Lorena e Mia desceram as escadas com o coração batendo forte, tentando adivinhar quem estaria no portão da escola àquela hora. Quando chegaram à guarita, seus olhos se arregalaram. Parados ali, tentando parecer casuais mas claramente nervosos, estavam Matteo e Lucca.
— Vocês?! — exclamou Mia, aproximando-se rapidamente. — O que estão fazendo aqui? Aconteceu alguma coisa?
Matteo fez um sinal de silêncio com o dedo nos lábios, olhando em volta para garantir que nenhum professor estivesse por perto.
— Calma, está tudo bem — sussurrou Lucca. — Só viemos trazer isso para vocês.
Ele entregou uma sacola pequena com alguns doces e um dispositivo que Lucca havia modificado. Lucca, com seu olhar analítico, completou em voz baixa:
— É um reforço de sinal para o projeto de matemática de vocês. Mas, escutem bem: vocês não podem contar para o papai nem para a mamãe que entregamos isso. Eles acham que estamos na biblioteca na nossa escola estudando para as competições. Se descobrirem que saímos da sala de treinamento sem avisar, o castigo vai ser eterno.
Lorena cruzou os braços, arqueando uma sobrancelha para o irmão.
— Vocês fugiram da sala para vir aqui? Lucca, você sabe que os professores tem olhos em todos os lugares.
— Por isso mesmo estamos pedindo segredo — insistiu Lucca. — Considerem isso um pacto entre irmãos. Prometem?
As meninas se olharam e, vendo a sinceridade (e o leve desespero) nos olhos dos irmãos, assentiram.
— Está bem, segredo guardado — disse Lorena. — Mas sumam daqui antes que os professores nós peguem!
......
Enquanto isso, em um ponto mais calmo e sofisticado da cidade, o clima era completamente diferente. O motor do carro de luxo de Alessandro ronronava silenciosamente enquanto ele estacionava em frente ao escritório de Luana.
Ele não avisou que viria. Simplesmente desceu do veículo, encostou-se na porta e enviou uma mensagem curta: "Estou aqui embaixo. Vamos almoçar?"
Poucos minutos depois, Luana apareceu na recepção, surpresa e com um sorriso que iluminou seu rosto ao vê-lo.
— Alessandro? Que surpresa é essa? Achei que você tivesse reuniões o dia todo — disse ela, aproximando-se enquanto ele abria a porta do passageiro para ela.
— As reuniões podem esperar — respondeu ele, com um tom de voz mais suave, reservado apenas para ela. — Senti que precisávamos de um momento a dois, longe dos problemas da empresa e até das travessuras das crianças. Escolhi aquele restaurante perto do centro, onde ninguém vai nos incomodar.
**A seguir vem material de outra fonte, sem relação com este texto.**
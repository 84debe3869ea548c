// Measures the office's work: settles the round of a file so many times, in memory, and prints the nanoseconds of each turn.
// A turn is everything from the bytes to the printed text and all letters. For bench/run, which compares it with a
// plain Rust program; in the gate it runs without arguments and prints its usage.
#![tactic(auto)]

use console::Failed;
use std::env;
use std::process::ExitCode;
use std::time::Instant;
use texts::Fault;

const USAGE: &str = "usage: stopwatch FILE TURNS

Settles the round in FILE so many times and prints `turn NANOSECONDS bytes LENGTH` for each turn: everything from the bytes
to the printed text and all letters, in memory.
";

// One turn, with the length of the text and of the first letter.
fn turn(rt: &HostRuntime, bytes: &[u8]) -> Result<usize, Failed> {
    match office::settle(rt.alloc(), bytes) {
        Ok(settled) => {
            let text = office::report(rt.alloc(), &settled)?;
            Ok(text.len().saturating_add(settled.letter(0).len()))
        }
        Err(Fault::Refused(_)) => Ok(0),
        Err(Fault::NoMemory) => Err(Failed::NoMemory),
    }
}

fn measure(rt: &HostRuntime, file: &str, turns: u32) -> Result<(), Failed> {
    let bytes = console::input(rt, file)?;
    for _ in 0..turns {
        let start = Instant::now(rt)?;
        let length = turn(rt, &bytes)?;
        let nanos = start.elapsed(rt)?.as_nanos();
        println!(rt; "turn {nanos} bytes {length}")?;
    }
    Ok(())
}

// What the arguments ask for.
fn run(rt: &HostRuntime) -> Result<(), Failed> {
    let args: Vec<String> = env::args(rt)?.skip(1).collect(rt.alloc())?;
    let [file, turns, ..] = args.as_slice() else {
        return Ok(print!(rt; "{USAGE}")?);
    };
    let turns = turns.parse::<u32>().map_err(|_| Failed::Usage(USAGE))?;
    measure(rt, file, turns)
}

fn main(rt: HostRuntime) -> ExitCode {
    console::end(&rt, run(&rt))
}
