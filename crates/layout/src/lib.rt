// The words of the format: points, lots, the sizes of a round, and why something is refused. Code that reads and writes stands in
// the crate above; what the bytes mean stands in specs/.
#![tactic(auto)]

ghost use Rattle.std.specs.Prelude.{◌≡◌};
ghost use Rattle.layout.specs.Refusals.{number_of, place_of};

mod laws;

pub use laws::{all_as_written, reads_back};

// How many points a workshop gives an applicant.
#[derive(Clone, Copy, PartialEq, Eq, PartialOrd, Ord, Debug)]
pub struct Points(pub u16);

// An applicant's lot: of two with equal points the lower lot goes ahead.
#[derive(Clone, Copy, PartialEq, Eq, PartialOrd, Ord, Debug)]
pub struct Lot(pub u16);

// How many applicants, workshops, list entries and rows a round has.
#[derive(Clone, Copy, PartialEq, Eq, Debug)]
pub struct Sizes {
    pub applicants: usize,
    pub workshops: usize,
    pub entries: usize,
    pub rows: usize,
}

// Which lent slice is too short.
#[derive(Clone, Copy, PartialEq, Eq, Debug)]
pub enum Lent {
    Results,
    Benches,
    Letters,
    RoundTables,
}

// Why a round or a letter is refused, with the place of the fault: mostly the byte at which it stands.
#[derive(Clone, Copy, PartialEq, Eq, Debug)]
pub enum Refusal {
    // the bytes end too early; their length
    Short(usize),
    // too many applicants, no workshop or too many, too many places
    BadSize(usize),
    // a list of too many entries
    LongList(usize),
    // an entry that is no workshop or stands in the list already
    BadEntry(usize),
    // a lot that an earlier applicant has
    LotTaken(usize),
    // too many rows
    ManyRows(usize),
    // a row of no workshop, no applicant or no points
    BadRow(usize),
    // a row that does not come after the one before it
    RowOrder(usize),
    // bytes after the last row
    Trailing(usize),
    // a lent slice is too short
    NoRoom(Lent),
    // a letter that is no letter
    Malformed(usize),
    // a letter whose place is not the first whose cut is reached; the place it should be, or 255 for none, as the table of refusals has it
    NotFirst(usize),
}

impl Refusal {
    // The number that this cause has in the table of refusals.
    pub fn number(&self) -> usize
        ensures { result ≡ number_of self.now }
    {
        match self {
            Refusal::Short(_) => 1,
            Refusal::BadSize(_) => 2,
            Refusal::LongList(_) => 3,
            Refusal::BadEntry(_) => 4,
            Refusal::LotTaken(_) => 5,
            Refusal::ManyRows(_) => 6,
            Refusal::BadRow(_) => 7,
            Refusal::RowOrder(_) => 8,
            Refusal::Trailing(_) => 9,
            Refusal::NoRoom(_) => 10,
            Refusal::Malformed(_) => 11,
            Refusal::NotFirst(_) => 12,
        }
    }

    // Where the fault stands.
    pub fn place(&self) -> usize
        ensures { result ≡ place_of self.now }
    {
        match self {
            Refusal::Short(at)
            | Refusal::BadSize(at)
            | Refusal::LongList(at)
            | Refusal::BadEntry(at)
            | Refusal::LotTaken(at)
            | Refusal::ManyRows(at)
            | Refusal::BadRow(at)
            | Refusal::RowOrder(at)
            | Refusal::Trailing(at)
            | Refusal::Malformed(at)
            | Refusal::NotFirst(at) => *at,
            Refusal::NoRoom(Lent::Results) => 0,
            Refusal::NoRoom(Lent::Benches) => 1,
            Refusal::NoRoom(Lent::Letters) => 2,
            Refusal::NoRoom(Lent::RoundTables) => 3,
        }
    }
}
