// What reading and writing owe each other, as theorems: nothing is to be run here.
ghost use Rattle.layout.specs.Encode.{AllAsWritten, ReadsBack};

// Bytes are read exactly if they are what a proper round is written as, and as that round; what is refused is no round.
pub fn all_as_written()
    ensures { AllAsWritten }
{}

// A proper round that is written is read as the same round.
pub fn reads_back()
    ensures { ReadsBack }
{}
Luana relaxou no banco de couro, sentindo o perfume familiar dele preencher o ambiente.
— Um momento de paz... parece bom demais para ser verdade.
Alessandro, saiu acelerando suavemente, deixando para trás, por algumas horas, as responsabilidades do mundo para se concentrar apenas na mulher ao seu lado.
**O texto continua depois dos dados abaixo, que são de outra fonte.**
//! The rows of a table of a store.
ghost use Rattle.std.specs.Prelude.{◌≡◌, List, length, Err, IsTrue, IfOk};
ghost use Rattle.sqlite.specs.Held.{state};
ghost use Rattle.sqlite.specs.State.{HasCleanDisk};
ghost use Rattle.escrow_num.specs.declared.row.Row.{Row};
ghost use Rattle.escrow_schema.specs.Definition.{IsTable};
ghost use Rattle.escrow_cells.specs.Store.{IsStore};
ghost use Rattle.escrow_rows.specs.Answers.{IsUsable, OnlyReads};
ghost use Rattle.escrow_recover.specs.Inside.{AreRowsIn};
ghost use Rattle.escrow_recover.specs.declared.unverified.PartFault.TheVariants.{Foreign};

mod counter;
mod defined;

use crate::unverified::PartFault;
use counter::RowCounter;
use defined::DefinedTable;
use escrow_rows::RowStore;
use escrow_schema::StoredTable;
use sqlite::Alter;
use std::alloc::Global;

/// Returns how many rows a table of a store has. Each is tested as its cells are read: it must have
/// a value that fits for each column of the table, and meet the table's checks. No row is kept. If
/// a cell belongs to no such row, or there are more than [`TableDef::MAX_ROWS`] rows, the store is
/// refused as foreign.
pub(crate) fn count_rows<S: Alter>(
    alloc: Global,
    store: &mut RowStore<S>,
    table: &StoredTable,
) -> Result<usize, PartFault>
    requires { IsTable table.now.table }
    ensures found { HasCleanDisk (state S.Store store.new)
        → IfOk result (λ n. IsTrue (state S.Store store.new).is_open
        × (IsStore (state S.Store store.old).now → (rows : List Row)
        × AreRowsIn table.now rows (state S.Store store.old).now × (n ≡ length rows))) }
    ensures foreign { IsUsable (state S.Store store.new) → result ≡ Err Foreign → IsStore (state S.Store store.old).now
        → (rows : List Row) → AreRowsIn table.now rows (state S.Store store.old).now → ⊥ }
    ensures only_reads { OnlyReads (state S.Store store.old) (state S.Store store.new) }
{
    let counter = RowCounter {
        alloc,
        table: DefinedTable::new(&table.table),
        rows: 0,
        sound: true,
    };
    match store.read_rows(alloc, table, counter)? {
        Some(counter) if counter.sound => Ok(counter.rows),
        _ => Err(PartFault::Foreign),
    }
}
Quando chegaram a sala privada do restaurante Alessandro a pegou no colo, levou-a até a mesa.
" Luana fez uma careta para Alessandro. "Você está com fome?"
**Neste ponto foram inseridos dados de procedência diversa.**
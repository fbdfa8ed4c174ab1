//! Whether each cell of a store belongs to one of its tables.
ghost use Rattle.std.specs.Prelude.{◌≡◌, IsTrue, Err, OnOk};
ghost use Rattle.std.specs.Ordering.{int_eq};
ghost use Rattle.std.specs.List.{list_any};
ghost use Rattle.sqlite.specs.Held.{state};
ghost use Rattle.sqlite.specs.State.{HasCleanDisk};
ghost use Rattle.escrow_cells.specs.Store.{HasTables};
ghost use Rattle.escrow_rows.specs.Answers.{IsUsable, OnlyReads};
ghost use Rattle.escrow_recover.specs.Inside.{AreOfTables, is_number_of};
ghost use Rattle.escrow_recover.specs.declared.unverified.PartFault.TheVariants.{Foreign};

use crate::unverified::PartFault;
use escrow_cells::{Sink, failure_of};
use escrow_num::Failure;
use escrow_rows::RowStore;
use escrow_schema::StoredTable;
use sqlite::{Alter, Row};

/// Tests whether each cell belongs to one of these tables.
pub(crate) fn check_cells<S: Alter>(
    store: &mut RowStore<S>,
    tables: &[StoredTable],
) -> Result<(), PartFault>
    ensures found { HasCleanDisk (state S.Store store.new)
        → OnOk result (IsTrue (state S.Store store.new).is_open
        × (HasTables (state S.Store store.old).now.schema → AreOfTables tables.now (state S.Store store.old).now)) }
    ensures foreign { IsUsable (state S.Store store.new) → result ≡ Err Foreign
        → HasTables (state S.Store store.old).now.schema → AreOfTables tables.now (state S.Store store.old).now → ⊥ }
    ensures only_reads { OnlyReads (state S.Store store.old) (state S.Store store.new) }
{
    let mut owners = Owners {
        tables,
        known: true,
    };
    store.cell_tables(&mut owners)?;
    if owners.known {
        Ok(())
    } else {
        Err(PartFault::Foreign)
    }
}

/// The tables that cells belong to, as they are read.
#[derive(Drop)]
struct Owners<'a> {
    /// The tables of the store.
    tables: &'a [StoredTable],
    /// Whether each cell so far belongs to one of them.
    known: bool,
}

impl<'a> Sink for Owners<'a> {
    ghost use Rattle.std.specs.Prelude.{◌≡◌, ◌↔◌, IsTrue};
    ghost use Rattle.std.specs.List.{AllByRecursion};
    ghost use Rattle.sqlite_value.specs.Order.{column};
    ghost use Rattle.escrow_recover.specs.Inside.{IsNumberOf};

    ghost has_taken = { λ first owners rows. (owners.tables ≡ first.tables)
        × (IsTrue first.known → (IsTrue owners.known
        ↔ AllByRecursion (λ row. IsNumberOf first.tables.now (column row 0)) rows)) };

    fn take(&mut self, row: &Row) -> Result<(), Failure> {
        let id: i64 = match row.get(0) {
            Ok(id) => id,
            Err(error) => return Err(failure_of(error)),
        };
        if !has_number(self.tables, id) {
            self.known = false;
        }
        Ok(())
    }
}

/// Returns whether one of these tables has this number.
fn has_number(tables: &[StoredTable], id: i64) -> bool
    ensures { result ≡ is_number_of tables.now id }
{
    tables.iter().any(|table| table.id == id)
}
Ao olhar para o rosto delicado de Luana e seus lábios sedutores, Alessandro não pôde evitar engolir em seco: "Hmm, estou com fome."
"Se você está com fome, vamos pedir. O que você gostaria de comer?", perguntou Luana. Alessandro pegou o cardápio e o colocou de lado casualmente. Antes que ela pudesse reagir, ele a puxou com força para cima de si.
Aproveitando-se da brecha, Alessandro lançou um ataque feroz. Luana, encostou-se no peito dele, ofegante. Os olhos profundos de Alessandro estavam fixos em seus lábios, e alarmes soaram na mente de Luana.
Antes que Luana pudesse terminar de falar, Alessandro a interrompeu: "Você!"
Luana sentiu sua pele queimar e seu coração disparar.
Ela cerrou os dentes e sussurrou: "Você está louco?! Isto aqui não é um motel!"
Alessandro sorriu daquele jeito sensual, de um predador faminto, prestes a saborear a carne mais suculenta.